Alternatively, you can use code to export your image. We will show an example, in which we export a plot to a PDF. We need the functions pdf() and dev.off(). In the former, we can specify attributes of the file such as its name and the size of the exported plot (default is in inches). Any code generating and modifying the plot should be written between those two functions. All the code needs to be in the same chunk. Check the example below.

# Generate the PDF and open it for exporting a plot
pdf(file = "flowerplot.pdf", width = 6, height = 6)

# Change the margins of the graphic device (the PDF)
par(mar=c(4,4,2,2), family="Times")

# Generate the plot
plot(
  Petal.Length ~ Petal.Width, 
  data= flowers, 
  xlab= "Petal width (mm)", 
  ylab= "Petal length (mm)", 
  las = 1, 
  pch = 21, 
  cex = 1.5,
  bg= species.cols,  # Filling color
  col= "black"  # Outline color
)
## Error in eval(m$data, eframe): object 'flowers' not found
# Close the PDF
dev.off()
## quartz_off_screen 
##                 2

Check your working directory, after running the above code you should see the plot in a flowerplot.pdf file.

HOMEWORK – DUE NEXT CLASS

You need to do only one of the exercises.

Exercise 1

  • Load the dataset sleep from the package datasets (take some time to look at it). Then, rearrange the data so that the values of the extra variable are in two columns, one for each drug. The columns should be labeled drug1 and drug2. The rearranged dataset, which should be a data frame, should not contain the group variable.

  • Using the barplot function, make two bar plots of the increase in hours of sleep, one for drug1 and another one for drug2. Plot them side by side. The plots should have different colors. In each one, label the y-axis with the variable name.

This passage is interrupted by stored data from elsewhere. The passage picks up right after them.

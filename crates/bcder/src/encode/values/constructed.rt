//! Encoders of constructed values.
ghost use Rattle.std.specs.Prelude.{◌≡◌, ◌<◌, [], length, true, IfOk};
ghost use Rattle.bcder.specs.declared.mode.Mode.TheVariants.{Cer};
ghost use Rattle.bcder.specs.x690.Identifier.{sequence_tag, set_tag, identifier as identifier_of};
ghost use Rattle.bcder.specs.x690.Octets.{fits_length, constructed_length};
ghost use Rattle.bcder.specs.calls.Meaning.{ValueMeans, constructed_meaning};
ghost use Rattle.bcder.specs.calls.Encoders.{HasEncoding, SizeOfValues, WroteOctets, WritesKnown};
ghost use Rattle.bcder.specs.calls.Encoders.{into_result};
ghost use Rattle.bcder.specs.calls.Noted.{noted, ReadsContents, Notes, MayRead, HasRead};
ghost use Rattle.bcder.specs.steps.Enclosing.{EnclosedSize, MeasuredInside, TakesContents};
ghost use Rattle.bcder.specs.steps.Enclosing.{TellsLength, WritesEnclosed};
ghost use Rattle.bcder.specs.steps.Places.{ReservesContents, FillsContents};
ghost use Rattle.bcder.specs.laws.Meanings.{constructed_lawful};

use crate::encode::header::put_header;
use crate::encode::sizes::{Again, Inside, Sizes, SizesLeft};
use crate::encode::slot::{Failed, into_result, slot, store_refusal};
use crate::encode::target::put_all;
use crate::encode::values::{Encoder, Values};
use crate::encode::{EncodeError, WriteError};
use crate::length::Length;
use crate::mode::Mode;
use crate::tag::Tag;
use std::io;

/// An encoder of one constructed value: a tag, and an encoder of the values inside.
#[derive(Clone, Copy, Debug, Drop)]
pub struct Constructed<V> {
    tag: Tag,
    inner: V,
}

impl<V> Constructed<V> {
    /// Creates an encoder of a value with the tag and the values of `inner` inside.
    pub fn new(tag: Tag, inner: V) -> Self
        ensures { result ≡ record { tag = tag; inner = inner } }
    {
        Constructed { tag, inner }
    }
}

/// Creates an encoder of a SEQUENCE of the values.
pub fn sequence<V>(inner: V) -> Constructed<V>
    ensures { result ≡ record { tag = sequence_tag; inner = inner } }
{
    Constructed::new(Tag::SEQUENCE, inner)
}

/// Creates an encoder of a SEQUENCE of the values with another tag.
pub fn sequence_as<V>(tag: Tag, inner: V) -> Constructed<V>
    ensures { result ≡ record { tag = tag; inner = inner } }
{
    Constructed::new(tag, inner)
}

/// Creates an encoder of a SET of the values, in the order that they have.
pub fn set<V>(inner: V) -> Constructed<V>
    ensures { result ≡ record { tag = set_tag; inner = inner } }
{
    Constructed::new(Tag::SET, inner)
}

/// Creates an encoder of a SET of the values with another tag.
pub fn set_as<V>(tag: Tag, inner: V) -> Constructed<V>
    ensures { result ≡ record { tag = tag; inner = inner } }
{
    Constructed::new(tag, inner)
}

/// Returns the size of a constructed value with `len` contents octets.
#[inline(always)]
pub(crate) fn enclosed_size(tag: Tag, mode: Mode, len: usize) -> Result<usize, EncodeError>
    ensures { EnclosedSize mode tag len result }
{
    size_behind(tag.encoded_len(), tag, mode, len)
}

/// Returns the size of a constructed value with `len` contents octets, if its identifier is known
/// to have `identifier` octets.
#[inline(always)]
#[tactic(auto, unfolding(crate::specs::x690::Octets::definite_length))]
fn size_behind(identifier: usize, _tag: Tag, mode: Mode, len: usize) -> Result<usize, EncodeError>
    requires small { identifier < 5 }
    requires known { identifier ≡ length (identifier_of _tag true) }
    ensures { EnclosedSize mode _tag len result }
{
    match mode {
        Mode::Cer => {
            if len > usize::MAX - 3 - identifier {
                return Err(EncodeError::SizeOverflow);
            }
            Ok(identifier + 1 + len + 2)
        }
        Mode::Ber | Mode::Der => {
            if len < 0x80 {
                return Ok(identifier + 1 + len);
            }
            if len > 0xFFFF_FFFF {
                return Err(EncodeError::LengthTooLarge);
            }
            Ok(identifier + Length::Definite(len).octet_count() + len)
        }
    }
}

/// Returns the number of contents octets of a constructed value. If length octets need it, it is
/// noted ahead of the sizes inside.
#[inline(always)]
fn note_contents<Pass, V: Values>(
    inner: &V,
    mode: Mode,
    sizes: &mut Sizes,
) -> Result<usize, EncodeError>
    requires { V.can_encode inner.now }
    ensures sized { SizeOfValues (V.means inner.now mode) (V.may_lack inner.now mode) result }
    ensures noted { IfOk result (λ _. Notes
        (ReadsContents mode (V.means inner.now mode) (V.reads inner.now mode))
        sizes.old sizes.new) }
{
    let place = reserve_contents(mode, sizes);
    let len = inner.note_sizes::<Pass>(mode, sizes)?;
    fill_contents(mode, place, len, sizes);
    Ok(len)
}

/// Reserves a place for the size of contents. In CER none is needed.
#[inline(always)]
fn reserve_contents(mode: Mode, sizes: &mut Sizes) -> usize
    ensures { ReservesContents mode sizes.old result sizes.new }
{
    match mode {
        Mode::Cer => 0,
        Mode::Ber | Mode::Der => sizes.reserve(),
    }
}

/// Puts the size of contents into the place that was reserved for it.
#[inline(always)]
fn fill_contents(mode: Mode, place: usize, size: usize, sizes: &mut Sizes)
    ensures { FillsContents mode sizes.old place size sizes.new }
{
    match mode {
        Mode::Cer => {}
        Mode::Ber | Mode::Der => sizes.fill(place, size),
    }
}

/// Returns the next size that is left, for the length octets of a value. In CER none is needed, and
/// it returns 0.
#[inline(always)]
fn next_size(mode: Mode, sizes: &mut SizesLeft<'_>) -> Option<usize>
    ensures { TakesContents mode sizes.old.sizes.now result sizes.new.sizes.now }
{
    match mode {
        Mode::Cer => Some(0),
        Mode::Ber | Mode::Der => sizes.next(),
    }
}

/// Writes the value in CER, with end-of-contents octets (X.690, 9.1).
fn put_indefinite<Pass, V: Values, W: io::Write>(
    value: &Constructed<V>,
    sizes: &mut SizesLeft<'_>,
    target: &mut W,
    why: &mut WriteError,
) -> Result<(), Failed>
    requires can { V.can_encode value.now.inner }
    requires known { HasEncoding (V.means value.now.inner Cer) }
    requires sized { MayRead (V.reads value.now.inner Cer) sizes.old.sizes.now }
    ensures written { WritesEnclosed W.contents target value.now.tag 0 Cer
        (V.means value.now.inner Cer) (V.may_lack value.now.inner Cer)
        (into_result result why.new) }
    ensures left { IfOk result (λ _.
        HasRead (V.reads value.now.inner Cer) sizes.old.sizes.now sizes.new.sizes.now) }
{
    put_header(target, value.tag, true, Length::Indefinite, why)?;
    value
        .inner
        .write_known::<Inside, _>(Mode::Cer, sizes, target, why)?;
    put_all(target, &[0x00, 0x00], why)
}

/// Writes the value in BER or DER, with a definite length (X.690, 10.1).
fn put_definite<Pass, V: Values, W: io::Write>(
    value: &Constructed<V>,
    size: usize,
    mode: Mode,
    sizes: &mut SizesLeft<'_>,
    target: &mut W,
    why: &mut WriteError,
) -> Result<(), Failed>
    requires told { TellsLength mode size }
    requires can { V.can_encode value.now.inner }
    requires known { HasEncoding (V.means value.now.inner mode) }
    requires sized { MayRead (V.reads value.now.inner mode) sizes.old.sizes.now }
    ensures written { WritesEnclosed W.contents target value.now.tag size mode
        (V.means value.now.inner mode) (V.may_lack value.now.inner mode)
        (into_result result why.new) }
    ensures left { IfOk result (λ _.
        HasRead (V.reads value.now.inner mode) sizes.old.sizes.now sizes.new.sizes.now) }
{
    put_header(target, value.tag, true, Length::Definite(size), why)?;
    value
        .inner
        .write_known::<Inside, _>(mode, sizes, target, why)
}

/// Writes the value. What is inside has `size` octets if the length octets need the size.
#[inline(always)]
fn put_enclosed<Pass, V: Values, W: io::Write>(
    value: &Constructed<V>,
    size: usize,
    mode: Mode,
    sizes: &mut SizesLeft<'_>,
    target: &mut W,
    why: &mut WriteError,
) -> Result<(), Failed>
    requires fits { fits_length (constructed_length mode size) ≡ true }
    requires can { V.can_encode value.now.inner }
    requires known { HasEncoding (V.means value.now.inner mode) }
    requires sized { MayRead (V.reads value.now.inner mode) sizes.old.sizes.now }
    ensures written { WritesEnclosed W.contents target value.now.tag size mode
        (V.means value.now.inner mode) (V.may_lack value.now.inner mode)
        (into_result result why.new) }
    ensures left { IfOk result (λ _.
        HasRead (V.reads value.now.inner mode) sizes.old.sizes.now sizes.new.sizes.now) }
{
    match mode {
        Mode::Cer => put_indefinite::<Pass, _, _>(value, sizes, target, why),
        Mode::Ber | Mode::Der => put_definite::<Pass, _, _>(value, size, mode, sizes, target, why),
    }
}

/// Writes a value that is known to have an encoding, but whose size isn't noted. It is measured
/// once more, and the sizes inside are noted anew.
fn put_measured<V: Values, W: io::Write>(
    value: &Constructed<V>,
    mode: Mode,
    target: &mut W,
    why: &mut WriteError,
) -> Result<(), Failed>
    requires can { V.can_encode value.now.inner }
    requires known { HasEncoding (ValueMeans value.now.tag
        (constructed_meaning value.now.tag mode) (V.means value.now.inner mode)) }
    ensures { WritesKnown W.contents target (ValueMeans value.now.tag
        (constructed_meaning value.now.tag mode) (V.means value.now.inner mode))
        (V.may_lack value.now.inner mode) (into_result result why.new) }
{
    let mut sizes = Sizes::new();
    match value.inner.note_sizes::<Again>(mode, &mut sizes) {
        Ok(size) => put_enclosed::<Again, _, _>(value, size, mode, &mut sizes.left(), target, why),
        Err(error) => Err(store_refusal(why, error)),
    }
}

impl<V: Values> Encoder for Constructed<V> {
    ghost all = { λ x mode.
        ValueMeans x.tag (constructed_meaning x.tag mode) (V.means x.inner mode) };

    ghost lacks = { λ x mode. V.may_lack x.inner mode };

    ghost takes = { λ x mode. ReadsContents mode (V.means x.inner mode) (V.reads x.inner mode) };

    ghost can = { λ x. V.can_encode x.inner };

    #[inline(always)]
    fn measured<Pass>(&self, mode: Mode, sizes: &mut Sizes) -> Result<usize, EncodeError> {
        let Some(identifier) = self.tag.value_len() else {
            return Err(EncodeError::EndOfValueTag);
        };
        let contents = note_contents::<Pass, _>(&self.inner, mode, sizes)?;
        let whole = size_behind(identifier, self.tag, mode, contents)?;
        Ok(whole)
    }

    #[inline(always)]
    fn put<Pass, W: io::Write>(
        &self,
        mode: Mode,
        sizes: &mut SizesLeft<'_>,
        target: &mut W,
        why: &mut WriteError,
    ) -> Result<(), Failed> {
        match next_size(mode, sizes) {
            Some(size) => put_enclosed::<Pass, _, _>(self, size, mode, sizes, target, why),
            None => put_measured(self, mode, target, why),
        }
    }

    ghost one = { λ x mode can. constructed_lawful x.tag (V.lawful x.inner mode can) };
}
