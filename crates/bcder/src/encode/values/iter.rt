//! The items of an iterator, one after the other.
ghost use Rattle.std.specs.Prelude.{◌≡◌};

use crate::encode::values::iterated::Iter;

/// Creates an encoder of the items of `value`, one after the other.
pub fn iter<T: IntoIterator + Clone>(value: T) -> Iter<T>
    ensures { result ≡ record { value = value } }
{
    Iter::new(value)
}
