impl<A: Values, B: Values, C: Values, D: Values, E: Values> Encoder for (A, B, C, D, E) {
    ghost all = { λ x mode. Joined (Then (A.means x.0 mode) (Then (B.means x.1 mode)
        (Then (C.means x.2 mode) (Then (D.means x.3 mode) (Then (E.means x.4 mode) NoValues))))) };

    ghost lacks = { λ x mode. A.may_lack x.0 mode ⊎ (B.may_lack x.1 mode ⊎
        (C.may_lack x.2 mode ⊎ (D.may_lack x.3 mode ⊎ (E.may_lack x.4 mode ⊎ ⊥)))) };

    ghost takes = { λ x mode. ReadsThen (A.reads x.0 mode) (ReadsThen (B.reads x.1 mode)
        (ReadsThen (C.reads x.2 mode) (ReadsThen (D.reads x.3 mode)
        (ReadsThen (E.reads x.4 mode) ReadsNone)))) };

    ghost can = { λ x. A.can_encode x.0 × (B.can_encode x.1 × (C.can_encode x.2 ×
        (D.can_encode x.3 × (E.can_encode x.4 × ⊤)))) };

    #[inline(always)]
    fn measured<Pass>(&self, mode: Mode, sizes: &mut Sizes) -> Result<usize, EncodeError> {
        let (a, b, c, d, e) = self;
        note_joined::<Pass, _>(&parts!(a, b, c, d, e), mode, sizes)
    }

    #[inline(always)]
    fn put<Pass, W: io::Write>(
        &self,
        mode: Mode,
        sizes: &mut SizesLeft<'_>,
        target: &mut W,
        why: &mut WriteError,
    ) -> Result<(), Failed> {
        let (a, b, c, d, e) = self;
        write_known_parts::<Pass, _, _>(&parts!(a, b, c, d, e), mode, sizes, target, why)
    }

    ghost one = { λ x mode can. Joined_lawful (Then_lawful (A.lawful x.0 mode can.0)
        (Then_lawful (B.lawful x.1 mode can.1.0) (Then_lawful (C.lawful x.2 mode can.1.1.0)
        (Then_lawful (D.lawful x.3 mode can.1.1.1.0)
        (Then_lawful (E.lawful x.4 mode can.1.1.1.1.0) (NoValues_lawful mode)))))) };
}
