//! Encoders of optional values, and of one of several.
ghost use Rattle.bcder.specs.calls.Meaning.{NoValues};
ghost use Rattle.bcder.specs.calls.Noted.{ReadsNone};
ghost use Rattle.bcder.specs.calls.Iterated.{OptionMeans, OptionLacks, OptionReads, OptionCan};
ghost use Rattle.bcder.specs.laws.Composed.{option_lawful};
ghost use Rattle.bcder.specs.calls.Iterated.{EitherReads, AnyReads};
ghost use Rattle.bcder.specs.calls.Iterated.{EitherMeans, EitherHolds};
ghost use Rattle.bcder.specs.laws.Composed.{either_lawful};
ghost use Rattle.bcder.specs.calls.Iterated.{AnyMeans, AnyHolds};
ghost use Rattle.bcder.specs.laws.Composed.{any_lawful};
ghost use Rattle.bcder.specs.laws.Joined.{NoValues_lawful};

use crate::encode::sizes::{Sizes, SizesLeft};
use crate::encode::slot::Failed;
use crate::encode::values::{Encoder, Values};
use crate::encode::{EncodeError, WriteError};
use crate::mode::Mode;
use std::io;

/// An encoder of no values.
#[derive(Clone, Copy, Debug)]
pub struct Nothing;

impl Encoder for Nothing {
    ghost all = { λ x mode. NoValues };

    ghost takes = { λ _ _. ReadsNone };

    #[inline(always)]
    #[tactic(auto, using(crate::proofs::Noting::nothing_noted))]
    fn measured<Pass>(&self, _mode: Mode, _sizes: &mut Sizes) -> Result<usize, EncodeError> {
        Ok(0)
    }

    #[inline(always)]
    #[tactic(auto, using(crate::proofs::Noting::none_read))]
    fn put<Pass, W: io::Write>(
        &self,
        _mode: Mode,
        _sizes: &mut SizesLeft<'_>,
        _target: &mut W,
        _why: &mut WriteError,
    ) -> Result<(), Failed> {
        Ok(())
    }

    ghost one = { λ x mode can. NoValues_lawful mode };
}

/// Encodes `Some` as the values of what is in it, and `None` as no values.
impl<V: Values> Encoder for Option<V> {
    ghost all = { λ x mode. OptionMeans (λ v. V.means v mode) x };

    ghost lacks = { λ x mode. OptionLacks (λ v. V.may_lack v mode) x };

    ghost takes = { λ x mode. OptionReads (λ v. V.reads v mode) x };

    ghost can = { λ x. OptionCan V.can_encode x };

    #[tactic(auto, using(crate::proofs::Noting::nothing_noted))]
    #[inline(always)]
    fn measured<Pass>(&self, mode: Mode, sizes: &mut Sizes) -> Result<usize, EncodeError> {
        match self {
            Some(values) => values.note_sizes::<Pass>(mode, sizes),
            None => Nothing.note_sizes::<Pass>(mode, sizes),
        }
    }

    #[inline(always)]
    fn put<Pass, W: io::Write>(
        &self,
        mode: Mode,
        sizes: &mut SizesLeft<'_>,
        target: &mut W,
        why: &mut WriteError,
    ) -> Result<(), Failed> {
        match self {
            Some(values) => values.write_known::<Pass, _>(mode, sizes, target, why),
            None => Nothing.write_known::<Pass, _>(mode, sizes, target, why),
        }
    }

    ghost one = { λ x mode can. option_lawful mode (λ v. V.lawful v mode) x can };
}

/// One of two encoders.
#[derive(Clone, Copy, Debug, Drop)]
pub enum Choice2<L, R> {
    /// The first choice.
    One(L),

    /// The second choice.
    Two(R),
}

impl<L: Values, R: Values> Encoder for Choice2<L, R> {
    ghost all = { λ x mode. EitherMeans (λ v. L.means v mode) (λ v. R.means v mode) x };

    ghost lacks = { λ x mode. EitherHolds (λ v. L.may_lack v mode) (λ v. R.may_lack v mode) x };

    ghost takes = { λ x mode. EitherReads (λ v. L.reads v mode) (λ v. R.reads v mode) x };

    ghost can = { λ x. EitherHolds L.can_encode R.can_encode x };

    #[inline(always)]
    fn measured<Pass>(&self, mode: Mode, sizes: &mut Sizes) -> Result<usize, EncodeError> {
        match self {
            Choice2::One(values) => values.note_sizes::<Pass>(mode, sizes),
            Choice2::Two(values) => values.note_sizes::<Pass>(mode, sizes),
        }
    }

    #[inline(always)]
    fn put<Pass, W: io::Write>(
        &self,
        mode: Mode,
        sizes: &mut SizesLeft<'_>,
        target: &mut W,
        why: &mut WriteError,
    ) -> Result<(), Failed> {
        match self {
            Choice2::One(values) => values.write_known::<Pass, _>(mode, sizes, target, why),
            Choice2::Two(values) => values.write_known::<Pass, _>(mode, sizes, target, why),
        }
    }

    ghost one = { λ x mode can.
        either_lawful mode (λ v. L.lawful v mode) (λ v. R.lawful v mode) x can };
}

/// One of three encoders.
#[derive(Clone, Copy, Debug, Drop)]
pub enum Choice3<L, C, R> {
    /// The first choice.
    One(L),

    /// The second choice.
    Two(C),

    /// The third choice.
    Three(R),
}

impl<L: Values, C: Values, R: Values> Encoder for Choice3<L, C, R> {
    ghost all = { λ x mode.
        AnyMeans (λ v. L.means v mode) (λ v. C.means v mode) (λ v. R.means v mode) x };

    ghost lacks = { λ x mode.
        AnyHolds (λ v. L.may_lack v mode) (λ v. C.may_lack v mode) (λ v. R.may_lack v mode) x };

    ghost takes = { λ x mode.
        AnyReads (λ v. L.reads v mode) (λ v. C.reads v mode) (λ v. R.reads v mode) x };

    ghost can = { λ x. AnyHolds L.can_encode C.can_encode R.can_encode x };

    #[inline(always)]
    fn measured<Pass>(&self, mode: Mode, sizes: &mut Sizes) -> Result<usize, EncodeError> {
        match self {
            Choice3::One(values) => values.note_sizes::<Pass>(mode, sizes),
            Choice3::Two(values) => values.note_sizes::<Pass>(mode, sizes),
            Choice3::Three(values) => values.note_sizes::<Pass>(mode, sizes),
        }
    }

    #[inline(always)]
    fn put<Pass, W: io::Write>(
        &self,
        mode: Mode,
        sizes: &mut SizesLeft<'_>,
        target: &mut W,
        why: &mut WriteError,
    ) -> Result<(), Failed> {
        match self {
            Choice3::One(values) => values.write_known::<Pass, _>(mode, sizes, target, why),
            Choice3::Two(values) => values.write_known::<Pass, _>(mode, sizes, target, why),
            Choice3::Three(values) => values.write_known::<Pass, _>(mode, sizes, target, why),
        }
    }

    ghost one = { λ x mode can. any_lawful mode
        (λ v. L.lawful v mode) (λ v. C.lawful v mode) (λ v. R.lawful v mode) x can };
}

  • Generate the same barplots from the previous chunk, and in the same arrangement (side by side), but using functions from ggplot2. Tip: Use the function grid.arrange from package gridExtra to have both plots side by side. Check this link from the R Graph Gallery to learn how to use it: https://www.r-graph-gallery.com/261-multiple-graphs-on-same-page.html

Exercise 2

  • Load the dataset VADeaths.

  • Make a bar graph of death rate vs. age group. Within each bar, the population groups should be stacked. Label the y-axis, and add a legend of those four population groups at the top left of the plot

Exercise 3

  • Load the crabs dataset.

  • Using the function ggplot, make a scatter plot of FL ~ CL, with points colors matching species colors (orange and blue). Hint: use the function scale_color_manual.

  • Add dashed regression lines for each species, using geom_smooth. Your code below should reproduce the entire plot with the added line.

  • Write code to save your plot as “crabsplot.pdf”.

  • Make a boxplot of BD with ggplot. The boxes should be sorted by sex. The box colors should match species colors (orange and blue).